Ok, maybe the concept of capitalism has changed since I studied economics in school, but I don’t recall “there is a limit on how much profit you can take” being part of the economic formula. Let’s assume it is, however. Exxon should surely pay its share, right?

Between 2003 and 2007, Exxon paid $64.7 billion in U.S. taxes, exceeding its after-tax U.S. earnings by more than $19 billion.

That’s right, Exxon paid more in US taxes than it made in the US. Quite a bit more. You see, Exxon is a company that operates globally. It’s sales are global. So we actually see a US company taking money out of the hands of foreign nations, and depositing them into the hands of the US government. Now the Democrats in the US government want to take more money from around the world and spend it on us.

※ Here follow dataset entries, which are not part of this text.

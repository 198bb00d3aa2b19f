//! A terminal at a device: its events are fed to the editor, its owner gives it its size, and sends what is no line's.

ghost use Rattle.std.specs.Prelude.{◌≡◌, ◌≢◌, [], OnOk, false};
ghost use Rattle.tw_surface.specs.ChangeView.{Batch};
ghost use Rattle.tw_terminal.specs.Uses.{Call, Other, Refused, Took, with_taken};
ghost use Rattle.tw_device.specs.Deeds.{Called, Said, Sized};

use tw_terminal::{ScreenSize, Terminal, TerminalFault};

/// A terminal at a device, at which a line is read. What is done to it are deeds: the calls of `Terminal`, the sizes
/// that its owner gives it, and the texts that its owner sends.
pub trait DeviceTerminal: Terminal {
    ghost use Rattle.std.specs.Prelude.{Bool};
    ghost use Rattle.tw_device.specs.Deeds.{Deed};

    // What a deed did: from such a terminal to such a one.
    ghost does: { Self → Self → Deed → Type 0 };

    // Whether it may keep back what it is to render.
    ghost may_keep: { Self → Bool };

    // Whether something that it took is kept back.
    ghost keeps: { Self → Bool };

    /// Sets the size, which nothing else changes.
    fn set_screen_size(&mut self, size: ScreenSize)
        ensures state { Self.state self.new ≡ record (Self.state self.old) { size = size } }
        ensures settled { keeps self.new ≡ false }
        ensures sized { does self.old self.new (Sized size) };

    /// Says whether another painting follows at once. As long as one does, a terminal may keep back what it is to render.
    /// If none does, it sends what it renders next.
    fn set_more_at_hand(&mut self, is_more: bool)
        ensures state { Self.state self.new ≡ Self.state self.old }
        ensures last { is_more ≡ false → may_keep self.new ≡ false }
        ensures kept { keeps self.new ≡ keeps self.old }
        ensures called { does self.old self.new (Called Other) };

    /// Sends what is kept back, before its owner waits. Nothing is kept back then: a refusal may have sent a beginning,
    /// and what was kept back is lost with it.
    fn settle(&mut self) -> Result<(), TerminalFault>
        ensures state { Self.state self.new ≡ Self.state self.old }
        ensures settled { keeps self.new ≡ false }
        ensures sent { OnOk result (does self.old self.new (Called Other)) };

    /// Sends a text of its owner's as it is, after a reset of all attributes: a line may have ended in some. The text
    /// has to leave the cursor in column 0, and no attribute set. A refusal may have sent a beginning.
    fn send(&mut self, text: &str) -> Result<(), TerminalFault>
        ensures kept { Self.state self.new ≡ Self.state self.old }
        ensures said { OnOk result (does self.old self.new (Said text.now)) };

    // It has no event of its own.
    ghost no_event: { (it : Self) → (Self.state it).events ≡ [] };

    // What a call of `Terminal` did besides is its deed.
    ghost call_does: { (old new : Self) (call : Call) → Self.follows old new call
        → does old new (Called call) };

    // A batch that it may not keep back is sent with all that was kept back.
    ghost took_settles: { (old new : Self) (batch : Batch) → Self.follows old new (Took batch)
        → may_keep old ≡ false → keeps new ≡ false };

    // A call that takes no batch keeps nothing back where nothing was kept back, nor does one that has flushed more.
    ghost call_settles: { (old new : Self) (call : Call) → Self.follows old new call
        → with_taken call [] ≡ [] → keeps old ≡ false → keeps new ≡ false };

    ghost flush_settles: { (old new : Self) → Self.follows old new Other → (Self.state new).flushed
        ≢ (Self.state old).flushed → keeps new ≡ false };

    // Of a refused batch it has taken nothing.
    ghost refused_takes_none: { (old new : Self) → Self.follows old new Refused → (Self.state new).batches
        ≡ (Self.state old).batches };
}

However, we’re not tasked with addressing that fact. We need to figure out what qualifies them for paying such a ridiculous tax. Since they’re entire US revenue already goes to taxes, maybe we can use some other metric to justify the windfall tax.

Maybe they have in mind profit margins as a percentage of sales. Yet by that standard Exxon’s profits don’t seem so large. Exxon’s profit margin stood at 10% for 2007, which is hardly out of line with the oil and gas industry average of 8.3%, or the 8.9% for U.S. manufacturing (excluding the sputtering auto makers).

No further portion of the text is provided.